=== Section Start ===

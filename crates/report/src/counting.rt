//! What a history has, in all and of each kind.

ghost use Rattle.std.specs.Prelude.{◌≡◌, ◌≢◌, ◌==◌, ◌+◌, ◌++◌, ◌↔◌, ℕ, AllPairs, Contains, None};
ghost use Rattle.std.specs.Prelude.{if◌then◌else◌, true, false, IfOk, OnOk, length, map, reverse};
ghost use Rattle.std.specs.Prelude.{List, [], ◌∷◌, ◌≤◌, is_some, unwrap_or};
ghost use Rattle.std.specs.List.{list_any};
ghost use Rattle.indexmap.specs.IndexMap.{keys, values};
ghost use Rattle.number_map.specs.Lookup.{value_of};
ghost use Rattle.events.specs.Events as spec;
ghost use Rattle.events.specs.declared.event.Event.{Event};
ghost use Rattle.events.specs.Events.{IsNamed};
ghost use Rattle.report.specs.Counts.{same_kind, with_new, first_seen, uses, objects_in};
ghost use Rattle.report.specs.Counts.{kinds_in, operations_in, count_of, AreCountsOf};
ghost use Rattle.report.specs.Invoked.{invocations, invocation_by, is_of, operation_count};
ghost use Rattle.report.specs.Invoked.{object_numbers, kind_count, AreSeen};
ghost use Rattle.report.specs.declared.counting.Invoked.{Invoked};

use crate::verdict::{KindCount, Summary};
use events::{Action, Event, History};
use indexmap::IndexMap;
use number_map::NumberMap;
use seq_objects::{AnyObject, Kind, SeqObject};
use std::alloc::{AllocError, Global};

/// An invocation: its object, the kind of its operation, and whether that failed.
#[derive(Clone, Copy)]
struct Invoked {
    object: u32,
    kind: Kind,
    failed: bool,
}

fn is_same_kind(left: Kind, right: Kind) -> bool
    ensures { result ≡ same_kind left right }
{
    left == right
}

fn is_of(kind: Option<Kind>, invoked: &Invoked) -> bool
    ensures { result ≡ is_of kind invoked.now }
{
    match kind {
        Some(kind) => is_same_kind(kind, invoked.kind),
        None => true,
    }
}

fn is_fail(action: &Action) -> bool
    ensures { result ≡ spec.is_fail action.now }
{
    match action {
        Action::Fail => true,
        Action::Invoke(_) | Action::Ok(_) | Action::Info => false,
    }
}

/// Puts the invocation that an event is, if it is one, after the others.
fn push_invoked(all: &mut Vec<Invoked>, event: &Event, failed: bool) -> Result<(), AllocError>
    ensures { OnOk result (reverse all.new.items
        ≡ invocation_by event.now.object event.now.action failed ++ reverse all.old.items) }
{
    match event.action {
        Action::Invoke(op) => {
            let kind = AnyObject::kind_of(&op);
            let object = event.object;
            all.push(Invoked {
                object,
                kind,
                failed,
            })?;
            Ok(())
        }
        Action::Ok(_) | Action::Fail | Action::Info => Ok(()),
    }
}

/// Whether the next event of the process, if it has one, says that its operation failed.
fn is_failing(failing: &NumberMap<bool>, process: u64) -> bool
    ensures { result ≡ unwrap_or (value_of failing.now process) false }
{
    failing.get(process).unwrap_or(false)
}

/// Takes in one more event, from the last one back: whether it says that an operation of its
/// process failed.
fn note_end(failing: &mut NumberMap<bool>, event: &Event) -> Result<(), AllocError>
    ensures { OnOk result ((p : ℕ) → unwrap_or (value_of failing.new p) false
        ≡ (if event.now.process == p then spec.is_fail event.now.action
        else unwrap_or (value_of failing.old p) false)) }
{
    failing.insert(event.process, is_fail(&event.action))
}

/// The invocations in their order.
fn invoked_in(alloc: Global, events: &[Event]) -> Result<Vec<Invoked>, AllocError>
    ensures { IfOk result (λ v. v.items ≡ invocations events.now) }
{
    let mut failing = NumberMap::new(alloc);
    let mut all = Vec::new(alloc);
    for k in (0..events.len()).rev() {
        let event = &events[k];
        let failed = is_failing(&failing, event.process);
        push_invoked(&mut all, event, failed)?;
        note_end(&mut failing, event)?;
    }
    all.reverse();
    Ok(all)
}

fn count_operations(kind: Option<Kind>, all: &[Invoked]) -> usize
    ensures { result ≡ operation_count kind all.now }
{
    all.iter().filter(|i| is_of(kind, i) && !i.failed).count()
}

/// Inserts an object. Returns 1 if it is new, otherwise 0.
fn insert_object(objects: &mut NumberMap<()>, object: u32) -> Result<usize, AllocError>
    ensures among { OnOk result ((x : ℕ) → is_some (value_of objects.new x)
        ≡ (if object == x then true else is_some (value_of objects.old x))) }
    ensures more { IfOk result (λ more. more ≡
        (if is_some (value_of objects.old object) then 0 else 1)) }
{
    let object = object as u64;
    if objects.get(object).is_some() {
        return Ok(0);
    }
    objects.insert(object, ())?;
    Ok(1)
}

/// Takes in one more invocation, and says how many more objects are then named.
fn count_more(
    objects: &mut NumberMap<()>,
    kind: Option<Kind>,
    invoked: &Invoked,
) -> Result<usize, AllocError>
    ensures seen { IfOk result (λ more. (n : ℕ) (all : List Invoked)
        → AreSeen (λ x. is_some (value_of objects.old x)) n (object_numbers kind all)
        → AreSeen (λ x. is_some (value_of objects.new x)) (n + more)
        (object_numbers kind (all ++ invoked.now ∷ []))) }
    ensures few { IfOk result (λ more. more ≤ 1) }
{
    if is_of(kind, invoked) {
        let more = insert_object(objects, invoked.object)?;
        return Ok(more);
    }
    Ok(0)
}

/// How many objects the invocations name, those of the kind or all.
fn count_objects(alloc: Global, kind: Option<Kind>, all: &[Invoked]) -> Result<usize, AllocError>
    ensures { IfOk result (λ n. n ≡ length (object_numbers kind all.now)) }
{
    let mut objects = NumberMap::new(alloc);
    let mut count = 0;
    for invoked in all {
        count += count_more(&mut objects, kind, invoked)?;
    }
    Ok(count)
}

/// The counts of one kind.
fn count_kind(alloc: Global, kind: Kind, all: &[Invoked]) -> Result<KindCount, AllocError>
    ensures { IfOk result (λ c. c ≡ kind_count all.now kind) }
{
    Ok(KindCount {
        kind,
        objects: count_objects(alloc, Some(kind), all)?,
        operations: count_operations(Some(kind), all),
    })
}

/// Whether a kind has its counts. There are few, so they are compared one by one, and not
/// by hash.
fn is_among(counts: &IndexMap<Kind, KindCount>, kind: Kind) -> bool
    ensures { result ≡ list_any (same_kind kind) (keys counts.now) }
{
    counts.keys().any(|known| is_same_kind(kind, *known))
}

/// Puts in the counts of a kind, if it is new.
fn note_kind(
    alloc: Global,
    counts: &mut IndexMap<Kind, KindCount>,
    kind: Kind,
    all: &[Invoked],
) -> Result<(), AllocError>
    ensures kinds { OnOk result (keys counts.new ≡ with_new same_kind (keys counts.old) kind) }
    ensures counted { values counts.old ≡ map (kind_count all.now) (keys counts.old)
        → OnOk result (values counts.new ≡ map (kind_count all.now) (keys counts.new)) }
{
    if is_among(counts, kind) {
        return Ok(());
    }
    counts.insert(kind, count_kind(alloc, kind, all)?)?;
    Ok(())
}

/// The counts of each kind, in the order of their first invocations.
fn count_kinds(alloc: Global, all: &[Invoked]) -> Result<IndexMap<Kind, KindCount>, AllocError>
    ensures { IfOk result (λ m. values m
        ≡ map (kind_count all.now) (first_seen same_kind (map (λ i. i.kind) all.now))) }
{
    let mut counts = IndexMap::new(alloc);
    for invoked in all {
        note_kind(alloc, &mut counts, invoked.kind, all)?;
    }
    Ok(counts)
}

/// The counts in a list, in their order.
fn list_of(alloc: Global, counts: IndexMap<Kind, KindCount>) -> Result<Vec<KindCount>, AllocError>
    ensures { IfOk result (λ v. v.items ≡ values counts) }
{
    counts.into_values().collect(alloc)
}

/// What these invocations have.
fn summary_of_invoked(alloc: Global, all: &[Invoked]) -> Result<Summary, AllocError>
    ensures { (es : List Event) → all.now ≡ invocations es
        → IfOk result (λ s. AreCountsOf es s) }
{
    let counts = count_kinds(alloc, all)?;
    Ok(Summary {
        operations: count_operations(None, all),
        objects: count_objects(alloc, None, all)?,
        kinds: list_of(alloc, counts)?,
    })
}

/// What a list of events has.
pub(crate) fn summary_of(alloc: Global, events: &[Event]) -> Result<Summary, AllocError>
    ensures { IfOk result (AreCountsOf events.now) }
{
    let all = invoked_in(alloc, events)?;
    summary_of_invoked(alloc, &all)
}

/// Counts what a history has. The operations are those that did not fail. The objects and the kinds
/// are those that some invocation names, even a failed one.
pub fn summary(alloc: Global, history: &History) -> Result<Summary, AllocError>
    ensures operations { IfOk result (λ s. s.operations ≡ length (operations_in history.now)) }
    ensures objects { IfOk result (λ s. s.objects ≡ length (objects_in (uses history.now))) }
    // These are the objects that some invocation names, each once.
    ensures named { (x : ℕ) → Contains (objects_in (uses history.now)) x ↔ IsNamed history.now x }
    ensures once { AllPairs (λ x y. x ≢ y) (objects_in (uses history.now)) }
    // The kinds are in the order of their first invocations, each once.
    ensures kinds { IfOk result (λ s. s.kinds.items
        ≡ map (count_of history.now) (kinds_in (uses history.now))) }
    ensures kinds_once { AllPairs (λ k l. k ≢ l) (kinds_in (uses history.now)) }
{
    summary_of(alloc, history.events())
}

=== Section End ===

▶ [ASSIGNMENT]
Report each line of the entries where the word "their" occurs.

▶ [WRITTEN SOLUTION]
/// The invocations in their order.
/// The counts of each kind, in the order of their first invocations.
/// The counts in a list, in their order.
    // The kinds are in the order of their first invocations, each once.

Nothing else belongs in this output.